Hello, happy Friday.
I found the following thread which proved to be very helpful: https://openmc.discourse.group/t/how-to-plot-all-nuclides-density-of-depletion-material/2762/2
This thread gives a way of using the depletions.h5 file to obtain all nuclides present. However, I didn’t see a way to specify which material I want to look at (I’m only concerned with one), and is there a way to get the corresponding number of atoms from this?
This is the code they used:
results = openmc.deplete.Results(‘depletion_results.h5’)
nuclides = list(results[0].index_nuc.keys())
But I would like to be able to specify which material I’m looking at, and also get atomic numbers.
I have tried following other techniques given on this forum, like obtaining the materials.xml file of the last time-step. However, as the cross-sections file does not include all isotopes, in particular very short lived isotopes, then this is not a complete list.
I can supply more information if required, I hope I’ve made my ask clear.
Thanks,
Harry
Hi Harry, welcome back to the community.
Sorry if I am wrong, but from what I understand to your question, you want to find the atomic density from one of your materials that you know its material ID right? Have you supplied the material ID to your get_atoms or get_mass input?
here are some examples if I want to extract the U-235 atomic density from my fuel material that has a material ID of 1
# read depletion results
depletion_results = openmc.deplete.Results('depletion_results.h5')
# read the atomic density of U235 from material ID 1
deptime, atom_U235 = depletion_results.get_atoms(mat='1', nuc='U235', nuc_units='atom/b-cm', time_units='d')
print(atom_U235) # print atomic density on each burnup steps
# len(atom_U235) # check data length = burnup steps + 1
# plot the atomic density if needed
plt.plot(deptime, atom_U235, label='U-235')
plt.xlabel('Time (d)')
plt.ylabel('Atomic density U-235 (atom/barn-cm)')

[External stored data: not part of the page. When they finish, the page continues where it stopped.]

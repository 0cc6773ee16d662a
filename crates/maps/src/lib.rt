//! A map of any kind.
#![tactic(auto)]

pub mod map;

pub use map::{Map, MapKind};
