//! All kinds of map as one type, which is a map too.
ghost use Rattle.std.specs.Prelude.{◌≡◌};
ghost use Rattle.maps.specs.Kinds.{kind_of, terms_of};

use boxes::Boxes;
use cells::Cells;
use coats::CoatMap;
use nets::Place;
use steps::Steps;

/// A map of any kind.
#[derive(Debug, Drop)]
pub enum Map {
    /// Weights on boxes, added.
    Boxes(Boxes),
    /// Steps along x times steps along y.
    Steps(Steps),
    /// A value for each of 8 by 8 squares.
    Cells(Cells),
}

/// The kind of a map.
#[derive(Clone, Copy, Debug, PartialEq, Eq)]
pub enum MapKind {
    /// A box map, as [`Boxes`].
    Boxes,
    /// A step map, as [`Steps`].
    Steps,
    /// A cell map, as [`Cells`].
    Cells,
}

impl Map {
    /// The kind of the map.
    pub fn kind(&self) -> MapKind
        ensures { result ≡ kind_of self.now }
    {
        match self {
            Map::Boxes(_) => MapKind::Boxes,
            Map::Steps(_) => MapKind::Steps,
            Map::Cells(_) => MapKind::Cells,
        }
    }
}

impl CoatMap for Map {
    ghost terms = { terms_of };

    fn show_map(&self) {
        match self {
            Map::Boxes(map) => map.show_map(),
            Map::Steps(map) => map.show_map(),
            Map::Cells(map) => map.show_map(),
        }
    }

    fn weight(&self) -> u32 {
        match self {
            Map::Boxes(map) => map.weight(),
            Map::Steps(map) => map.weight(),
            Map::Cells(map) => map.weight(),
        }
    }

    fn coat(&self, place: Place) -> i32 {
        match self {
            Map::Boxes(map) => map.coat(place),
            Map::Steps(map) => map.coat(place),
            Map::Cells(map) => map.coat(place),
        }
    }
}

same thing if I want to plot the total Pu-239 mass from my fuel material @ ID 1
deptime, mass_Pu239 = depletion_results.get_mass(mat='1', nuc='Pu239', mass_units='g', time_units='d')
print(atom_Pu239)
# len(atom_Pu239) # check data length = burnup steps + 1
# plot
plt.plot(deptime, mass_Pu239, label='Pu-239')
plt.xlabel('Time (d)')
plt.ylabel('Pu-239 mass (gr)')
then regarding the short-lived isotopes, I think if those isotopes are produced during depletion calculation, then openmc will report it, i.e. Mo-99 with half life 66h and Xe- 135 with half life 9h will reported when produced from a fission reaction. but I don’t know if the isotopes interested you have a shorter half life.
hope it could help you
Hi, thankyou for the reply.
So the method you have outlined is very useful, and i have already been using it when depleting fuel. However, this particular depletion I am looking at, I don’t have a complete list of all transmutation products I will be expecting. Therefore I can’t use the ‘get_atoms’ function, as I’d have to include every single possible isotope. What I was looking for was a readout of all present isotopes and their associated abundance.
Cheers,
Harry
Hi Harry, sorry if I didn’t answer your question.
Did the isotopes exist on the burnup chain that you use during depletion calculation? If the isotopes exist, I think it will be reported on the calculation because from my experience, openmc will report atomic density of isotopes even if it is at the order or E-20. So it is more detailed than some other transport/lattice code that only report isotopes that has atomic density above E-10 by default.